**EXERCISE GOAL**:
Could you please return each line of the data that has the word "digits"?

**DATA SHOWN**:

========================================

//! The names of files in a quarantine: six digits and a suffix.

use std::alloc::{AllocError, Allocator};
use std::fmt;

/// The kind of a file in a quarantine.
#[derive(Clone, Copy, Debug, PartialEq, Eq)]
pub(crate) enum QuarantineKind {
    /// A draft that was moved there, and is neither kept nor removed yet: `.part`.
    Pending,
    /// A data set that is kept, with the head of its file: `.dcm`.
    Data,
    /// The text about a data set: `.txt`.
    Text,
}

impl QuarantineKind {
    /// Returns what follows the digits in a name of this kind.
    fn suffix(self) -> &'static str {
        match self {
            QuarantineKind::Pending => ".part",
            QuarantineKind::Data => ".dcm",
            QuarantineKind::Text => ".txt",
        }
    }

    /// Returns the number in a name of this kind, or `None` if the name has another form.
    fn number_in(self, name: &str) -> Option<u32> {
        let digits = name.strip_suffix(self.suffix())?;
        if digits.len() != 6 || !digits.bytes().all(|byte| byte.is_ascii_digit()) {
            return None;
        }
        digits.parse::<u32>().ok()
    }
}

/// The name of a file in a quarantine.
#[derive(Clone, Copy, Debug, PartialEq, Eq)]
pub(crate) struct QuarantineName {
    /// The number in the name, at most 999,999.
    pub(crate) number: u32,
    pub(crate) kind: QuarantineKind,
}

impl QuarantineName {
    /// Reads a name. Returns `None` if the name has another form.
    pub(crate) fn read(name: &str) -> Option<QuarantineName> {
        for kind in [
            QuarantineKind::Pending,
            QuarantineKind::Data,
            QuarantineKind::Text,
        ] {
            if let Some(number) = kind.number_in(name) {
                return Some(QuarantineName { number, kind });
            }
        }
        None
    }

    /// Returns the path of the file with this name in a folder.
    pub(crate) fn path<A: Allocator>(self, alloc: A, dir: &str) -> Result<String<A>, AllocError> {
        format!(in alloc; "{dir}/{self}")
    }
}

/// Prints the six digits and the suffix, as `000001.dcm`.
impl fmt::Display for QuarantineName {
    fn fmt<W: fmt::Write>(&self, f: &mut fmt::Formatter<W>) -> fmt::Result {
        write!(f, "{:06}{}", self.number, self.kind.suffix())
    }
}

========================================

**RESPONSE TO THE TASK**:
//! The names of files in a quarantine: six digits and a suffix.
    /// Returns what follows the digits in a name of this kind.
        let digits = name.strip_suffix(self.suffix())?;
        if digits.len() != 6 || !digits.bytes().all(|byte| byte.is_ascii_digit()) {
        digits.parse::<u32>().ok()
/// Prints the six digits and the suffix, as `000001.dcm`.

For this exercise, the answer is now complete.